[Material for this exercise]

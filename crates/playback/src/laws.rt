//! Laws of the definitions. Each function does nothing, and its contract is the law.
ghost use Rattle.playback.specs.Laws.{PlayOrderIsLawful, RegionOrderIsLawful};

/// The order that is computed is the play order.
pub fn play_order_is_lawful()
    ensures { PlayOrderIsLawful }
{}

/// Lines that are merged are in the order of the region.
pub fn region_order_is_lawful()
    ensures { RegionOrderIsLawful }
{}
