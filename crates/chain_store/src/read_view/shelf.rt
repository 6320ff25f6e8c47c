// A writer that may be let go.
ghost use Rattle.std.specs.Prelude.{◌≡◌};
ghost use Rattle.core.specs.Mem.{manually_drop_value};

use crate::read_view::rule::ViewWriter;
use std::mem::ManuallyDrop;

/// A writer on a shelf: where it is dropped and not taken, its two copies are never freed.
#[derive(Drop)]
pub struct Shelf {
    writer: ManuallyDrop<ViewWriter>,
}

impl Shelf {
    /// Shelves the writer.
    pub(crate) fn of(writer: ViewWriter) -> Shelf
        ensures { manually_drop_value result.writer ≡ writer }
    {
        Shelf {
            writer: unsafe { ManuallyDrop::new_unchecked(writer) },
        }
    }

    /// The writer, off the shelf.
    pub(crate) fn into_writer(self) -> ViewWriter
        ensures { result ≡ manually_drop_value self.writer }
    {
        let Shelf { writer } = self;
        ManuallyDrop::into_inner(writer)
    }
}
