// The writer of a column's copies, under turns of its own.
ghost use Rattle.chain_store.specs.Copies.{IsAside};

use crate::read_view::name::ColumnName;
use crate::read_view::shelf::Shelf;
use crate::seated::Seated;
use log_node::Counts;
use turn_cell::{HasHistory, Pass};

/// The copies of a column, if there are any: a pass with no number that looks at the column for them, the cut that they show with all that
/// waits to be published, and their writer.
#[derive(Drop)]
pub struct Copies {
    pub(crate) pass: Pass<Seated>,
    pub(crate) cut: Counts,
    pub(crate) shelf: Option<Shelf>,
    ghost aside: { IsAside pass },
}

impl HasHistory for Copies {
    type Entry = ();

    type Tag = ColumnName;

    ghost use Rattle.std.specs.Prelude.{None};
    ghost use Rattle.chain_store.specs.Desks.{StandsCopied, column_copied};

    ghost stands = { StandsCopied };

    ghost by = { λ _. 0 };

    ghost newest = { λ _. None };

    ghost tag = { column_copied };

    fn count(&self) -> u64 {
        0
    }
}
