// The chain that alone has nodes to be played, taken out of a view.
ghost use Rattle.std.specs.Prelude.{◌≡◌, ◌<◌, IfSome, IsTrue, [], slice_index_or};
ghost use Rattle.playback.specs.Inside.{is_lone};

use col_core::Chains;
use log_node::{Counts, Items, ListOf, MAX_REGIONS};
use std::alloc::Global;

// A region beside which no other one's chain has nodes that are to be played, where there is one.
pub(crate) fn lone_region(from: Counts, to: Counts) -> Option<u8>
    ensures { IfSome result (λ region. (region < 4) × IsTrue (is_lone from to region)) }
{
    for region in 0..MAX_REGIONS {
        if to.with_number(region, 0).is_within(from) {
            return Some(region);
        }
    }
    None
}

// The chain of a region, moved out of those of a view.
pub(crate) fn taken_chain(alloc: Global, chains: Chains, region: u8) -> Items
    ensures { result ≡ slice_index_or chains region [] }
{
    let number = region as usize;
    let mut chains = chains.into_vec();
    if number < chains.len() {
        chains.swap_remove(number)
    } else {
        ListOf::new(alloc)
    }
}
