// What a client plays of a colour of its region.
ghost use Rattle.std.specs.Prelude.{◌≡◌, ◌<◌, IfOk, IfErr, OnOk, OnErr};
ghost use Rattle.log_node.specs.Vectors.{at, IsWithin, one_more};
ghost use Rattle.log_node.specs.Reach.{Chains, Reachable};
ghost use Rattle.playback.specs.Playing.{IsLookedFrom, ShowsChains, ArePlayed, HasPlayCause};
ghost use Rattle.playback.specs.Inside.{AreInOrder};

use crate::faults::PlayFault;
use crate::free::{next_item, next_region};
use crate::lone::{lone_region, taken_chain};
use col_core::View;
use log_node::{Counts, Items, ListOf, MAX_REGIONS};
use std::alloc::{AllocError, Global};

/// How many nodes of each region's chain of a colour a client has played.
#[derive(Debug, Drop)]
pub struct Player {
    pub region: u8,
    pub colour: u8,
    pub played: Counts,
}

/// How many nodes of each region's chain of a colour can be played in a region.
#[derive(Clone, Copy, Debug, PartialEq, Eq)]
pub struct Snapshot {
    pub region: u8,
    pub colour: u8,
    pub counts: Counts,
}

/// The nodes up to a snapshot that were not played before, in the order of play.
#[derive(Drop)]
pub struct Played {
    pub snapshot: Snapshot,
    pub items: Items,
}

// How many nodes the view shows: for so many there is room before they are played.
fn shown_count(view: &View) -> usize {
    let chains = view.items.as_slice().iter();
    chains.fold(0, |count: usize, chain| count.saturating_add(chain.len()))
}

// The counts with one more node of a region, which has one more up to the cut.
fn next_counts(played: Counts, region: u8, cut: Counts) -> Counts
    requires region { region < MAX_REGIONS }
    requires room { at played region < at cut region }
    ensures { result ≡ one_more played region }
{
    let _last = cut.of_region(region);
    played.one_more(region)
}

// The nodes from these counts up to the view's cut, in the order of play.
fn items_in_order(alloc: Global, view: &View, from: Counts) -> Result<Items, AllocError>
    requires from { IsWithin view.now.from from }
    requires cut { IsWithin from view.now.cut }
    ensures { IfOk result (AreInOrder view.now from) }
{
    let mut items = Vec::with_capacity(alloc, shown_count(view))?;
    let mut played = from;
    while let Some(region) = next_region(view, played) {
        items.push(next_item(view, played, region).share()?)?;
        played = next_counts(played, region, view.cut);
    }
    Ok(ListOf::from(items))
}

// The nodes from these counts, where the view starts, up to its cut, in the order of play. Where one chain alone has
// such nodes they are moved out of the view, and shared else.
fn taken_in_order(alloc: Global, view: View, from: Counts) -> Result<Items, AllocError>
    requires from { IsWithin view.from from }
    requires start { IsWithin from view.from }
    requires cut { IsWithin from view.cut }
    ensures { IfOk result (AreInOrder view from) }
{
    match lone_region(from, view.cut) {
        Some(region) => Ok(taken_chain(alloc, view.items, region)),
        None => items_in_order(alloc, &view, from),
    }
}

/// Plays the nodes of the view that the player has not played. `Trimmed` exactly where a played count is below the
/// view's base, which is tested first.
pub fn play(alloc: Global, view: View, player: &mut Player) -> Result<Played, PlayFault>
    // The view was looked at from the player's counts, and these are within the cut.
    requires from { IsLookedFrom view player.old.played }
    requires cut { IsWithin player.old.played view.cut }
    ensures items { IfOk result (λ played. (chains : Chains) → ShowsChains view chains
        → Reachable chains view.cut → ArePlayed view chains player.old.played played.items) }
    ensures snapshot { IfOk result (λ played. played.snapshot ≡ record {
      region = view.region;
      colour = view.colour;
      counts = view.cut;
    }) }
    ensures player { OnOk result (player.new ≡ record player.old { played = view.cut }) }
    // A refusal changes nothing.
    ensures trimmed { OnOk result (IsWithin view.base player.old.played) }
    ensures cause { IfErr result (HasPlayCause view player.old.played) }
    ensures err { OnErr result (player.new ≡ player.old) }
{
    if !view.base.is_within(player.played) {
        return Err(PlayFault::Trimmed { base: view.base });
    }
    let snapshot = Snapshot {
        region: view.region,
        colour: view.colour,
        counts: view.cut,
    };
    let items = taken_in_order(alloc, view, player.played)?;
    player.played = snapshot.counts;
    Ok(Played { snapshot, items })
}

[/Material for this exercise]

• **Exercise objective**: The response should be every record above restated exactly.

• **Finished task**:
filename crates/playback/src/laws.rt
//! Laws of the definitions. Each function does nothing, and its contract is the law.
ghost use Rattle.playback.specs.Laws.{PlayOrderIsLawful, RegionOrderIsLawful};

/// The order that is computed is the play order.
pub fn play_order_is_lawful()
    ensures { PlayOrderIsLawful }
{}

/// Lines that are merged are in the order of the region.
pub fn region_order_is_lawful()
    ensures { RegionOrderIsLawful }
{}
filename crates/chain_store/src/read_view/shelf.rt
repository 6320ff25f6e8c47c
// A writer that may be let go.
ghost use Rattle.std.specs.Prelude.{◌≡◌};
ghost use Rattle.core.specs.Mem.{manually_drop_value};

use crate::read_view::rule::ViewWriter;
use std::mem::ManuallyDrop;

/// A writer on a shelf: where it is dropped and not taken, its two copies are never freed.
#[derive(Drop)]
pub struct Shelf {
    writer: ManuallyDrop<ViewWriter>,
}

impl Shelf {
    /// Shelves the writer.
    pub(crate) fn of(writer: ViewWriter) -> Shelf
        ensures { manually_drop_value result.writer ≡ writer }
    {
        Shelf {
            writer: unsafe { ManuallyDrop::new_unchecked(writer) },
        }
    }

    /// The writer, off the shelf.
    pub(crate) fn into_writer(self) -> ViewWriter
        ensures { result ≡ manually_drop_value self.writer }
    {
        let Shelf { writer } = self;
        ManuallyDrop::into_inner(writer)
    }
}
// The writer of a column's copies, under turns of its own.
ghost use Rattle.chain_store.specs.Copies.{IsAside};

use crate::read_view::name::ColumnName;
use crate::read_view::shelf::Shelf;
use crate::seated::Seated;
use log_node::Counts;
use turn_cell::{HasHistory, Pass};

/// The copies of a column, if there are any: a pass with no number that looks at the column for them, the cut that they show with all that
/// waits to be published, and their writer.
#[derive(Drop)]
pub struct Copies {
    pub(crate) pass: Pass<Seated>,
    pub(crate) cut: Counts,
    pub(crate) shelf: Option<Shelf>,
    ghost aside: { IsAside pass },
}

impl HasHistory for Copies {
    type Entry = ();

    type Tag = ColumnName;

    ghost use Rattle.std.specs.Prelude.{None};
    ghost use Rattle.chain_store.specs.Desks.{StandsCopied, column_copied};

    ghost stands = { StandsCopied };

    ghost by = { λ _. 0 };

    ghost newest = { λ _. None };

    ghost tag = { column_copied };

    fn count(&self) -> u64 {
        0
    }
}
// The chain that alone has nodes to be played, taken out of a view.
ghost use Rattle.std.specs.Prelude.{◌≡◌, ◌<◌, IfSome, IsTrue, [], slice_index_or};
ghost use Rattle.playback.specs.Inside.{is_lone};

use col_core::Chains;
use log_node::{Counts, Items, ListOf, MAX_REGIONS};
use std::alloc::Global;

// A region beside which no other one's chain has nodes that are to be played, where there is one.
pub(crate) fn lone_region(from: Counts, to: Counts) -> Option<u8>
    ensures { IfSome result (λ region. (region < 4) × IsTrue (is_lone from to region)) }
{
    for region in 0..MAX_REGIONS {
        if to.with_number(region, 0).is_within(from) {
            return Some(region);
        }
    }
    None
}

// The chain of a region, moved out of those of a view.
pub(crate) fn taken_chain(alloc: Global, chains: Chains, region: u8) -> Items
    ensures { result ≡ slice_index_or chains region [] }
{
    let number = region as usize;
    let mut chains = chains.into_vec();
    if number < chains.len() {
        chains.swap_remove(number)
    } else {
        ListOf::new(alloc)
    }
}
// What a client plays of a colour of its region.
ghost use Rattle.std.specs.Prelude.{◌≡◌, ◌<◌, IfOk, IfErr, OnOk, OnErr};
ghost use Rattle.log_node.specs.Vectors.{at, IsWithin, one_more};
ghost use Rattle.log_node.specs.Reach.{Chains, Reachable};
ghost use Rattle.playback.specs.Playing.{IsLookedFrom, ShowsChains, ArePlayed, HasPlayCause};
ghost use Rattle.playback.specs.Inside.{AreInOrder};

use crate::faults::PlayFault;
use crate::free::{next_item, next_region};
use crate::lone::{lone_region, taken_chain};
use col_core::View;
use log_node::{Counts, Items, ListOf, MAX_REGIONS};
use std::alloc::{AllocError, Global};

/// How many nodes of each region's chain of a colour a client has played.
#[derive(Debug, Drop)]
pub struct Player {
    pub region: u8,
    pub colour: u8,
    pub played: Counts,
}

/// How many nodes of each region's chain of a colour can be played in a region.
#[derive(Clone, Copy, Debug, PartialEq, Eq)]
pub struct Snapshot {
    pub region: u8,
    pub colour: u8,
    pub counts: Counts,
}

/// The nodes up to a snapshot that were not played before, in the order of play.
#[derive(Drop)]
pub struct Played {
    pub snapshot: Snapshot,
    pub items: Items,
}

// How many nodes the view shows: for so many there is room before they are played.
fn shown_count(view: &View) -> usize {
    let chains = view.items.as_slice().iter();
    chains.fold(0, |count: usize, chain| count.saturating_add(chain.len()))
}

// The counts with one more node of a region, which has one more up to the cut.
fn next_counts(played: Counts, region: u8, cut: Counts) -> Counts
    requires region { region < MAX_REGIONS }
    requires room { at played region < at cut region }
    ensures { result ≡ one_more played region }
{
    let _last = cut.of_region(region);
    played.one_more(region)
}

// The nodes from these counts up to the view's cut, in the order of play.
fn items_in_order(alloc: Global, view: &View, from: Counts) -> Result<Items, AllocError>
    requires from { IsWithin view.now.from from }
    requires cut { IsWithin from view.now.cut }
    ensures { IfOk result (AreInOrder view.now from) }
{
    let mut items = Vec::with_capacity(alloc, shown_count(view))?;
    let mut played = from;
    while let Some(region) = next_region(view, played) {
        items.push(next_item(view, played, region).share()?)?;
        played = next_counts(played, region, view.cut);
    }
    Ok(ListOf::from(items))
}

// The nodes from these counts, where the view starts, up to its cut, in the order of play. Where one chain alone has
// such nodes they are moved out of the view, and shared else.
fn taken_in_order(alloc: Global, view: View, from: Counts) -> Result<Items, AllocError>
    requires from { IsWithin view.from from }
    requires start { IsWithin from view.from }
    requires cut { IsWithin from view.cut }
    ensures { IfOk result (AreInOrder view from) }
{
    match lone_region(from, view.cut) {
        Some(region) => Ok(taken_chain(alloc, view.items, region)),
        None => items_in_order(alloc, &view, from),
    }
}

/// Plays the nodes of the view that the player has not played. `Trimmed` exactly where a played count is below the
/// view's base, which is tested first.
pub fn play(alloc: Global, view: View, player: &mut Player) -> Result<Played, PlayFault>
    // The view was looked at from the player's counts, and these are within the cut.
    requires from { IsLookedFrom view player.old.played }
    requires cut { IsWithin player.old.played view.cut }
    ensures items { IfOk result (λ played. (chains : Chains) → ShowsChains view chains
        → Reachable chains view.cut → ArePlayed view chains player.old.played played.items) }
    ensures snapshot { IfOk result (λ played. played.snapshot ≡ record {
      region = view.region;
      colour = view.colour;
      counts = view.cut;
    }) }
    ensures player { OnOk result (player.new ≡ record player.old { played = view.cut }) }
    // A refusal changes nothing.
    ensures trimmed { OnOk result (IsWithin view.base player.old.played) }
    ensures cause { IfErr result (HasPlayCause view player.old.played) }
    ensures err { OnErr result (player.new ≡ player.old) }
{
    if !view.base.is_within(player.played) {
        return Err(PlayFault::Trimmed { base: view.base });
    }
    let snapshot = Snapshot {
        region: view.region,
        colour: view.colour,
        counts: view.cut,
    };
    let items = taken_in_order(alloc, view, player.played)?;
    player.played = snapshot.counts;
    Ok(Played { snapshot, items })
}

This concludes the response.